Building piping has two problems. The first is old or leaky pipes that may contaminate the water. The second is that some buildings have many residents who share the same pipes (and sometimes the same meter). Neighbors therefore need to find ways to share their water (rather, the bill) as well as keep their communal and unit-plumbing in good condition.

There are several ways to share the bill (divide by people, install submeters, etc.), but I want to concentrate on the plumbing problem in buildings and networks. The first issue is to know whether the water is safe to drink at the tap. If that’s not true, then it’s important to find where it gets contaminated. That question can result in finger pointing between customers and the utility as to who should pay for water testing, so I came up with this idea, taking as given the fact that utilities (and their regulators) need to ensure that water is safe to drink; it’s not the customer’s obligation, even if it’s in the customer’s interest. Such a “fact” means that utilities need to take the lead on quality testing, and here’s how I’d do it.

  1. Any utility that says its water is safe also needs to persuade customers of that fact.
  2. So it can include coupons in a few hundred bills (every month or so) that can be used to get a free water test at the customer’s tap by a qualified tester. The real cost will be $10-100, depending on local labor costs.
  3. Qualified testers are listed on a website; they are certified and equipped to test water in the house. That website also provides them with free advertising.
  4. Customers contact a tester who measures their water quality (hand held testers are getting better and cheaper). Test results are posted on the internet (without an exact address) and to the utility.
  5. “Safe” results allow the tested customer (and some share of neighbors) to have a better opinion of their water — and drink more of it.
  6. “Unsafe” results will trigger a second test by the utility, to determine if water at the mains is clean (thus the building plumbing has issues) or also dirty. Those results will make it easier for the utility and/or building owner to take action.
  7. There’s a potential problem if tester trying to get false results of unclean water (to get more business), which can be reduced by witholding payment from those whose tests are contradicted in a retest. Those who get too many false positives can be removed from the list (in 2), which will hurt their business. So they are likely to be honest.
  8. We also hope that the utility is honest, but that’s the regulator’s responsibility — and no utility will be able to cover up bad test results for very long.

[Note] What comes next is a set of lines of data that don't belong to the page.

//! Bytes that were read and are not yet taken.

ghost use Rattle.std.specs.Prelude.{◌≡◌, ◌≤◌, ◌+◌, ◌++◌, ℕ, List, [], length, drop, take, false, IfSome, IfOk, OnErr};
ghost use Rattle.std.specs.Io.KnownBytes.{Consumes, IsAtEnd, Keeps};
ghost use Rattle.tw_ansi.specs.KeyBytes.{token_at};
ghost use Rattle.tw_ansi.specs.Resuming.{Fits};
ghost use Rattle.tw_device.specs.Typed.{is_lone_escape};
ghost use Rattle.tw_device.specs.Unread.{unread_in};

use std::alloc::Global;
use std::io::Read;
use std::marker::Model;
use tw_ansi::{Progress, Scanned, scan_on};
use tw_terminal::TerminalFault;

/// How many bytes are asked for at once.
pub(crate) const PIECE: usize = 16_384;

const ESC: u8 = 0x1b;

/// Bytes that were read and are not yet taken. Contracts see their list.
#[derive(Drop)]
pub(crate) struct Unread {
    /// The bytes, and room behind them for more.
    buffer: Vec<u8>,
    /// The number of bytes of the buffer that are taken.
    taken: usize,
    /// The number of bytes of the buffer that were read.
    filled: usize,
    /// How far those that are not taken were scanned for a token.
    progress: Progress,
}

impl Model for Unread {
    ghost Value = { List ℕ };

    ghost view = { λ it. unread_in it.taken it.filled it.buffer.items };

    ghost invariant = { λ it. (it.taken ≤ it.filled) × (it.filled ≤ length it.buffer.items)
        × Fits it.progress (unread_in it.taken it.filled it.buffer.items) };
}

impl Unread {
    /// Creates a buffer without bytes.
    pub(crate) fn new(alloc: Global) -> Unread
        ensures { result ≡ [] }
    {
        Unread {
            buffer: Vec::new(alloc),
            taken: 0,
            filled: 0,
            progress: Progress::Start,
        }
    }

    /// Returns the bytes.
    pub(crate) fn bytes(&self) -> &[u8]
        ensures { result.now ≡ self.now }
    {
        &self.buffer.as_slice()[self.taken..self.filled]
    }

    /// Returns true if they are an ESC alone.
    pub(crate) fn is_lone_escape(&self) -> bool
        ensures { result ≡ is_lone_escape self.now }
    {
        match self.bytes() {
            [] => false,
            [byte] => *byte == ESC,
            [_, _, ..] => false,
        }
    }

    /// Returns the token at the front, or `None` if more bytes are wanted. What was scanned is not scanned again.
    pub(crate) fn scan(&mut self, is_last: bool) -> Option<Scanned>
        ensures token { result ≡ token_at is_last self.old }
        ensures within { IfSome result (λ s. s.used ≤ length self.old) }
        ensures kept { self.new ≡ self.old }
    {
        match scan_on(self.bytes(), self.progress, is_last) {
            Ok(found) => Some(found),
            Err(progress) => {
                self.progress = progress;
                None
            }
        }
    }

    /// Returns the token at the front, if it does not depend on bytes that are not read yet.
    pub(crate) fn front(&self) -> Option<Scanned>
        ensures { result ≡ token_at false self.now }
    {
        scan_on(self.bytes(), self.progress, false).ok()
    }

    /// Takes bytes at the front.
    pub(crate) fn take(&mut self, count: usize)
        requires { count ≤ length self.old }
        ensures { self.new ≡ drop count self.old }
    {
        self.taken += count;
        self.progress = Progress::Start;
    }

    /// Reads what there is, and waits if there is nothing. Returns the number of bytes that came, or 0 at the end. Room
    /// for the bytes is found before the reader is asked, so that none is lost for want of memory.
    pub(crate) fn read_from<R: Read>(&mut self, reader: &mut R) -> Result<usize, TerminalFault>
        ensures ok { IfOk result (λ count. (more : List ℕ) × (self.new ≡ self.old ++ more)
            × (length more ≡ count)
            × Consumes (R.remaining reader.old) (R.remaining reader.new) more) }
        ensures end { IfOk result (λ count. count ≡ 0 → IsAtEnd (R.remaining reader.new)) }
        ensures err { OnErr result (self.new ≡ self.old) }
        ensures kept { OnErr result (Keeps (R.remaining reader.old) (R.remaining reader.new)) }
    {
        self.filled = close_up(&mut self.buffer, self.taken, self.filled);
        self.taken = 0;
        let count = read_more(reader, &mut self.buffer, self.filled)?;
        self.filled += count;
        Ok(count)
    }
}

/// Moves the bytes of a buffer that are not taken to its front, and returns their number.
fn close_up(buffer: &mut Vec<u8>, taken: usize, filled: usize) -> usize
    requires taken { taken ≤ filled }
    requires filled { filled ≤ length buffer.old.items }
    ensures within { result ≤ length buffer.new.items }
    ensures same { take result buffer.new.items ≡ unread_in taken filled buffer.old.items }
{
    if taken == filled {
        return 0;
    }
    buffer.drain(..taken);
    filled - taken
}

/// Reads what there is behind the first bytes of a buffer, and returns the number of bytes that came. The buffer gets
/// room for a piece before the reader is asked: mostly it has it, and nothing is written.
fn read_more<R: Read>(
    reader: &mut R,
    buffer: &mut Vec<u8>,
    held: usize,
) -> Result<usize, TerminalFault>
    requires { held ≤ length buffer.old.items }
    ensures ok { IfOk result (λ count. (more : List ℕ) × (held + count ≤ length buffer.new.items)
        × (take (held + count) buffer.new.items ≡ take held buffer.old.items ++ more)
        × (length more ≡ count) × Consumes (R.remaining reader.old) (R.remaining reader.new) more) }
    ensures end { IfOk result (λ count. count ≡ 0 → IsAtEnd (R.remaining reader.new)) }
    ensures err { OnErr result ((held ≤ length buffer.new.items)
        × (take held buffer.new.items ≡ take held buffer.old.items)) }
    ensures kept { OnErr result (Keeps (R.remaining reader.old) (R.remaining reader.new)) }
{
    buffer.resize(held.saturating_add(PIECE), 0)?;
    Ok(reader.read(&mut buffer.as_mut_slice()[held..])?)
}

This idea will help utilities find contamination problems and persuade customers that water is safe to drink (and thus worth paying for!) at the same time as it supports an independent industry for assuring water quality. (Such an industry could survive in places like the Netherlands because testers are also likely to be plumbers who are ALWAYS needed.)

Bottom Line: Water quality is hard for an individual to determine, but utilities can make it easier — and make their product more attractive — by paying for random water tests.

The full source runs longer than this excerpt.